Delta Blazing Trail toward Dreamliner

May 23, 2007
Delta Air Lines will likely be the first of the big three U.S. legacy airlines to order Boeing's 787

Delta Air Lines will likely be the first of the big three U.S. legacy airlines to order Boeing's 787, chief executive Gerald Grinstein said Friday in Seattle.

The 74-year-old Grinstein, set to leave Delta this summer after guiding it through Chapter 11 bankruptcy, said his successor will make any order decision but he'd be surprised if the carrier doesn't buy its first Dreamliners by the end of the year.

In the last year Delta added more than 60 new international routes, which typically require long-range widebody jets.

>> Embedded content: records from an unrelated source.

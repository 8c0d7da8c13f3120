// A priority set.
// Written by tools/exports.py, and not by hand.
ghost use Rattle.picker_calls.specs.Calling.{Called};
ghost use Rattle.model.specs.Calls.{do_set_piece_priority};
ghost use Rattle.picker_calls.specs.Cores.{lending};
ghost use Rattle.types.specs.Piece.{number_of};
ghost use Rattle.picker_calls.specs.Outcomes.{outcome};
ghost use Rattle.export_arguments.specs.Arguments.{priority_of};
ghost use Rattle.export_answers.specs.Changes.{of_outcome};
ghost use Rattle.export_answers.specs.Back.{outcome_in};
ghost use Rattle.export_walks.specs.Saying.{Says};

use export_answers::{Changed, of_outcome};
use export_arguments::PriorityOf;
use memory_records::DownloadingPiece;
use picker_flags::set_piece_priority;

// The piece has this priority from here on. Answers whether it turned from or to 0, and the draws used.
#[unsafe(no_mangle)]
pub extern "C" fn pp_set_piece_priority(
    words: &mut [u64],
    cells: &mut [u16],
    partials: &mut [DownloadingPiece],
    draws: &[u32],
    new: PriorityOf,
) -> Changed
    ensures { Says of_outcome outcome_in (λ o. Called (lending words.old cells.old partials.old)
        (do_set_piece_priority (number_of (priority_of new).piece.0) (priority_of new).priority.0 draws.now)
        (lending words.new cells.new partials.new) (outcome o)) result }
{
    of_outcome(set_piece_priority(
        words,
        cells,
        partials,
        draws,
        export_arguments::priority_of(new),
    ))
}
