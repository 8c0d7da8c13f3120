// A block marked as downloading.
// Written by tools/exports.py, and not by hand.
ghost use Rattle.picker_calls.specs.Calling.{Called};
ghost use Rattle.picker_blocks.specs.Arguments.{downloading};
ghost use Rattle.picker_calls.specs.Cores.{lending};
ghost use Rattle.picker_calls.specs.Outcomes.{outcome};
ghost use Rattle.export_arguments.specs.Arguments.{requested_block};
ghost use Rattle.export_answers.specs.Changes.{of_outcome};
ghost use Rattle.export_answers.specs.Back.{outcome_in};
ghost use Rattle.export_walks.specs.Saying.{Says};

use export_answers::{Changed, of_outcome};
use export_arguments::RequestedBlock;
use memory_records::DownloadingPiece;
use picker_requests::mark_as_downloading;

// The peer is asked for the block. Answers whether it was marked, and the draws used.
#[unsafe(no_mangle)]
pub extern "C" fn pp_mark_as_downloading(
    words: &mut [u64],
    cells: &mut [u16],
    partials: &mut [DownloadingPiece],
    draws: &[u32],
    request: RequestedBlock,
) -> Changed
    ensures { Says of_outcome outcome_in (λ o. Called (lending words.old cells.old partials.old)
        (downloading (requested_block request) draws.now) (lending words.new cells.new partials.new) (outcome o)) result }
{
    of_outcome(mark_as_downloading(
        words,
        cells,
        partials,
        draws,
        export_arguments::requested(request),
    ))
}
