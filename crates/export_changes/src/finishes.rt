// A block marked as finished.
// Written by tools/exports.py, and not by hand.
ghost use Rattle.picker_calls.specs.Calling.{Called};
ghost use Rattle.model.specs.Calls.{do_mark_as_finished};
ghost use Rattle.picker_calls.specs.Cores.{lending};
ghost use Rattle.picker_blocks.specs.Arguments.{on_block};
ghost use Rattle.picker_calls.specs.Outcomes.{outcome};
ghost use Rattle.export_arguments.specs.Arguments.{named_block};
ghost use Rattle.export_answers.specs.Changes.{of_outcome};
ghost use Rattle.export_answers.specs.Back.{outcome_in};
ghost use Rattle.export_walks.specs.Saying.{Says};

use export_answers::{Changed, of_outcome};
use export_arguments::NamedBlock;
use memory_records::DownloadingPiece;
use picker_marks::mark_as_finished;

// The block, which the peer brought, is on disk. Answers the draws used.
#[unsafe(no_mangle)]
pub extern "C" fn pp_mark_as_finished(
    words: &mut [u64],
    cells: &mut [u16],
    partials: &mut [DownloadingPiece],
    draws: &[u32],
    named: NamedBlock,
) -> Changed
    ensures { Says of_outcome outcome_in (λ o. Called (lending words.old cells.old partials.old)
        (on_block do_mark_as_finished (named_block named) draws.now) (lending words.new cells.new partials.new) (outcome o)) result }
{
    of_outcome(mark_as_finished(
        words,
        cells,
        partials,
        draws,
        export_arguments::named(named),
    ))
}
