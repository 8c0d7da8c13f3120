// A whole-copy peer counted in or out.
// Written by tools/exports.py, and not by hand.
ghost use Rattle.picker_calls.specs.Calling.{Called};
ghost use Rattle.model.specs.Calls.{do_inc_refcount_all, do_dec_refcount_all};
ghost use Rattle.picker_calls.specs.Cores.{lending};
ghost use Rattle.picker_calls.specs.Outcomes.{outcome};
ghost use Rattle.export_answers.specs.Changes.{of_outcome};
ghost use Rattle.export_answers.specs.Back.{outcome_in};
ghost use Rattle.export_walks.specs.Saying.{Says};

use export_answers::{Changed, of_outcome};
use memory_records::DownloadingPiece;
use picker_seeds::{dec_refcount_all, inc_refcount_all};

// A seed comes: a peer that has every piece.
#[unsafe(no_mangle)]
pub extern "C" fn pp_inc_refcount_all(
    words: &mut [u64],
    cells: &mut [u16],
    partials: &mut [DownloadingPiece],
) -> Changed
    ensures { Says of_outcome outcome_in (λ o. Called (lending words.old cells.old partials.old) do_inc_refcount_all
        (lending words.new cells.new partials.new) (outcome o)) result }
{
    of_outcome(inc_refcount_all(words, cells, partials))
}

// A seed goes; where there is none, a peer of each piece.
#[unsafe(no_mangle)]
pub extern "C" fn pp_dec_refcount_all(
    words: &mut [u64],
    cells: &mut [u16],
    partials: &mut [DownloadingPiece],
) -> Changed
    ensures { Says of_outcome outcome_in (λ o. Called (lending words.old cells.old partials.old) do_dec_refcount_all
        (lending words.new cells.new partials.new) (outcome o)) result }
{
    of_outcome(dec_refcount_all(words, cells, partials))
}
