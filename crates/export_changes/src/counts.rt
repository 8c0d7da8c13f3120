// A peer counted in or out.
// Written by tools/exports.py, and not by hand.
ghost use Rattle.picker_calls.specs.Calling.{Called};
ghost use Rattle.model.specs.Calls.{do_inc_refcount, do_dec_refcount};
ghost use Rattle.picker_calls.specs.Cores.{lending};
ghost use Rattle.types.specs.Piece.{number_of};
ghost use Rattle.picker_calls.specs.Outcomes.{outcome};
ghost use Rattle.export_arguments.specs.Arguments.{piece_of};
ghost use Rattle.export_answers.specs.Changes.{of_outcome};
ghost use Rattle.export_answers.specs.Back.{outcome_in};
ghost use Rattle.export_walks.specs.Saying.{Says};

use export_answers::{Changed, of_outcome};
use memory_records::DownloadingPiece;
use picker_changes::{dec_refcount, inc_refcount};

// A peer has the piece. Answers the draws used.
#[unsafe(no_mangle)]
pub extern "C" fn pp_inc_refcount(
    words: &mut [u64],
    cells: &mut [u16],
    partials: &mut [DownloadingPiece],
    draws: &[u32],
    piece: i32,
) -> Changed
    ensures { Says of_outcome outcome_in (λ o. Called (lending words.old cells.old partials.old)
        (do_inc_refcount (number_of (piece_of piece).0) draws.now) (lending words.new cells.new partials.new) (outcome o)) result }
{
    of_outcome(inc_refcount(
        words,
        cells,
        partials,
        draws,
        export_arguments::piece(piece),
    ))
}

// A peer has the piece no more. Answers the draws used.
#[unsafe(no_mangle)]
pub extern "C" fn pp_dec_refcount(
    words: &mut [u64],
    cells: &mut [u16],
    partials: &mut [DownloadingPiece],
    draws: &[u32],
    piece: i32,
) -> Changed
    ensures { Says of_outcome outcome_in (λ o. Called (lending words.old cells.old partials.old)
        (do_dec_refcount (number_of (piece_of piece).0) draws.now) (lending words.new cells.new partials.new) (outcome o)) result }
{
    of_outcome(dec_refcount(
        words,
        cells,
        partials,
        draws,
        export_arguments::piece(piece),
    ))
}
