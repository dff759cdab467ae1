//! The page. It is `web/board.html` with its parts, put here by `tools/board/embed`.

ghost use Rattle.std.specs.Prelude.{◌≡◌, ◌++◌, OnOk};

use bytes::Bytes;
use http_server::Rope;
use std::alloc::AllocError;

/// What the page may do: run what it brings along, and ask this server. Nothing else of the network is loaded, and no other page may frame it.
pub const POLICY: &str =
    "default-src 'none'; script-src 'sha256-QjvRCzvBGDgLW7YwV/kXCNhgSzUvwAxs3B1Zt+HRkrM='; style-src 'sha256-9sHKMZsOPnXi1AK+WOWPLKz8U20IZv3eLszPMndEAE0='; img-src data: blob:; connect-src 'self'; base-uri 'none'; form-action 'none'; frame-ancestors 'none'";

/// Appends the page, a text that a browser shows. If out of memory, some of the body may be gone.
pub fn put_page(body: &mut Rope) -> Result<(), AllocError>
    ensures { OnOk result (body.new.items ≡ body.old.items ++ PART_1.now ++ PART_2.now ++ PART_3.now ++ PART_4.now ++ PART_5.now) }
{
    body.push(Bytes::from_static(PART_1.as_bytes()))?;
    body.push(Bytes::from_static(PART_2.as_bytes()))?;
    body.push(Bytes::from_static(PART_3.as_bytes()))?;
    body.push(Bytes::from_static(PART_4.as_bytes()))?;
    body.push(Bytes::from_static(PART_5.as_bytes()))?;
    Ok(())
}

Delta flies more than 100 midsize 767 jets. Grinstein, in town for the Microsoft CEO summit, said that those planes need to be replaced starting as early as 2011.

"Of course, you could wait for the [Airbus] A350," he said, "But why?"

The new Boeing jet is "perfect" for the needs of the U.S. carriers, with the right size and the necessary range, he said. The bigger A350 rival that Airbus is proposing could be too big for many of the routes Delta wants to fly, Grinstein said.

"Boeing has got it right," he said.

Grinstein said he is not worried about the availability of delivery slots for the 787, because Boeing can always "miraculously" find slots when it needs them for a big order. The company does that either through keeping some delivery slots available for significant customers or by arranging for other airlines to defer their orders.

Atlanta-based Delta came out of bankruptcy April 30 after a 19-month restructuring that cut 6,000 jobs and slashed debt. The carrier projects $8 billion per year in cost and revenue improvements.

Grinstein grew up in Seattle, studied law at Harvard and later worked for Washington's powerful former U.S. Sen. Warren Magnuson.

He launched a business career in the mid-1980s, heading Salt Lake City-based Western Airlines. When Delta acquired Western in 1987, he joined the board.

He then led the Burlington Northern railroad company and oversaw its acquisition of Santa Fe Pacific. He retired in 1995, but was persuaded in January 2004 to take over as Delta's chief executive to steer it through its financial crisis.

Starting this summer, he'll be back living in Seattle.